I am a bad blogger, or rather, a bad poster. I am constantly thinking up posts but they seldom get any farther than my head, usually as I lie awake in the middle of the night. Perhaps I need to keep my laptop closer to my bed and just reach for it when those ideas strike me. It’s a thought. Of course, I have many many thoughts. Which is why I don’t sleep. Most of my thoughts are really pointless. The other night all I could do was remember the plots of various movies, from popular flicks like The Breakfast Club to more obscure things like Buckaroo Banzai. I have seen both of these many times, and should know them by heart, but something kept tripping me up, and I’d get events out of sequence, or a line of dialogue wrong, and so it was hours before I fell asleep again. Woke up the next morning singing “Don’t You Forget About Me” and wanting to call everyone monkey-boy.
I am glad this summer is over, and not only because I am ready for sweater weather again.
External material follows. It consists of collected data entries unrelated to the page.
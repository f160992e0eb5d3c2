// Packets of a session of gdb 13.1, as values, and replies to them. Memory is ample, so all are read and written.
use crate::texts::expect;
use gdb_wire::{
    Found, Item, next_item, push_hex, push_packet, push_unescaped, push_word, read_request,
};
use std::test::Fail;

// Packets, and what they ask for. The first is shortened, and the last four are computed from gdb's manual.
const PACKETS: &[u8] = b"\
$qSupported:multiprocess+;swbreak+#1b Supported
$qXfer:features:read:target.xml:0,1000#0c Features { from: 0, len: 4096 }
$QStartNoAckMode#b0 NoAcks
$?#3f Why
$g#67 Registers
$mbfffffc0,40#f0 Memory { at: 3221225408, len: 64 }
$Z0,10014,4#0c Insert { kind: Breakpoint, at: 65556, len: 4 }
$z1,1006c,4#61 Remove { kind: Breakpoint, at: 65644, len: 4 }
$Z2,110e0,4#3f Insert { kind: WriteWatch, at: 69856, len: 4 }
$s#73 Move(Step)
$c#63 Move(Continue)
$bs#d5 Move(StepBack)
$bc#c5 Move(ContinueBack)
$qRcmd,7768656e#05 Monitor(Command { text: [119, 104, 101, 110] })
$Xbfffff80,2:\x02\x90#4a Write
$qAttached#8f Attached
$Hg0#df SetThread
$D#44 Detach
$k#6b Kill
$vMustReplyEmpty#3a Other
$vCont?#49 Other
$qC#b4 Other
$p20#d2 Register(32)
$mBFFFFFC0,40#10 Memory { at: 3221225408, len: 64 }
$m123456789,4#aa Other
$qRcmd,67x#08 Other";

#[test]
fn packets_ask_for_what_gdb_means(rt: HostRuntime) -> Result<(), Fail> {
    for line in PACKETS.split(|byte| *byte == b'\n') {
        let mut parts = line.splitn(2, |byte| *byte == b' ');
        let (Some(packet), Some(asked)) = (parts.next(), parts.next()) else {
            return Err("no pair".into());
        };
        let found = next_item(packet).ok_or("less than an item")?;
        let Found {
            item: Item::Packet(body),
            len,
        } = found
        else {
            return Err("no packet".into());
        };
        assert_eq!(rt; len, packet.len());
        let mut text = Vec::new(rt.alloc());
        push_unescaped(&mut text, body)?;
        let request = read_request(rt.alloc(), text.as_slice())?;
        let said = format!(in rt.alloc(); "{request:?}")?;
        assert_eq!(rt; said.as_bytes(), asked);
    }
    Ok(())
}

#[test]
fn replies_are_those_that_gdb_was_sent(rt: HostRuntime) -> Result<(), Fail> {
    let mut out = Vec::new(rt.alloc());
    push_packet(&mut out, b"OK")?;
    push_packet(&mut out, b"")?;
    push_packet(&mut out, b"T05watch:110e0;")?;
    push_packet(&mut out, b"}")?;
    push_word(&mut out, 0x10218)?;
    push_hex(&mut out, b"goto 60")?;
    expect(
        &rt,
        &out,
        b"$OK#9a$#00$T05watch:110e0;#6c$}]#da18020100676f746f203630",
    );
    Ok(())
}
With the change of seasons, I am hoping things will improve for my family. It’s been a rough month, with bad news about a family member’s health, a job loss, and the continuation of money and health issues that have plagued some of us all year.
Yes, there has been good news: a new baby, the first great-great-grandchild, a healthy, beautiful boy! Max turned ten, a tall, gangly, handsome, smart boy, who is totally a boy. He is currently enamored of all things gross, and wants to be a genius scientist when he grows up. I bet he’ll do it, too.
As for me, well, that’s a whole other kettle of fish. In June I discovered that one of the medications I’d been on for almost 3 years (to help with insomnia and chronic migraine) has one great big side effect that nobody mentioned: weight gain. My doctor finally mentioned this after noticing that I’ve gained nearly 40 pounds in the last 2 years, and I was appalled that she had given me a medication with this known side effect, knowing my history of weight issues! So I went off the med, lost a few pounds right away and none since. Of course, I also have had to deal with the return of the evil chronic migraine, which is not fun at all. It is pretty much the exact opposite of fun…Pain every day, all day, just there, no matter what I do or don’t do. Most days it’s just a dull ache, but some times, my entire head feels as if Rocky has been using it for practice.
I am learning new ways to deal with pain, such as meditation (which I’ve been trying for a long time, to help with sleep issues), various exercises, and reflexology. I have an appointment with a migraine specialist, as well as a chiropractor and an acupuncturist, and next week I start yoga classes. Watching what I eat & drink, too. Trying to limit my screen time, which is the most difficult thing for me, since I do love my online time, and most of my books these days are eBooks! Either way, I will work it out!
One more big change. I am attempting to begin dating again. Which is weird. Dating was always weird for me, just because I am weird. This is weird because, well, I’m a 45-year-old woman, without a career, who lives at home with her parents. Yes, I am a catch! I keep wondering if I should cut prospective dates a bit of slack, seeing as my stats aren’t all that great. Then I realize, once again, that these three things are not who I am, and I deserve a good man. He will be getting a prize, so he’d damn well better deserve it! Keep your fingers crossed!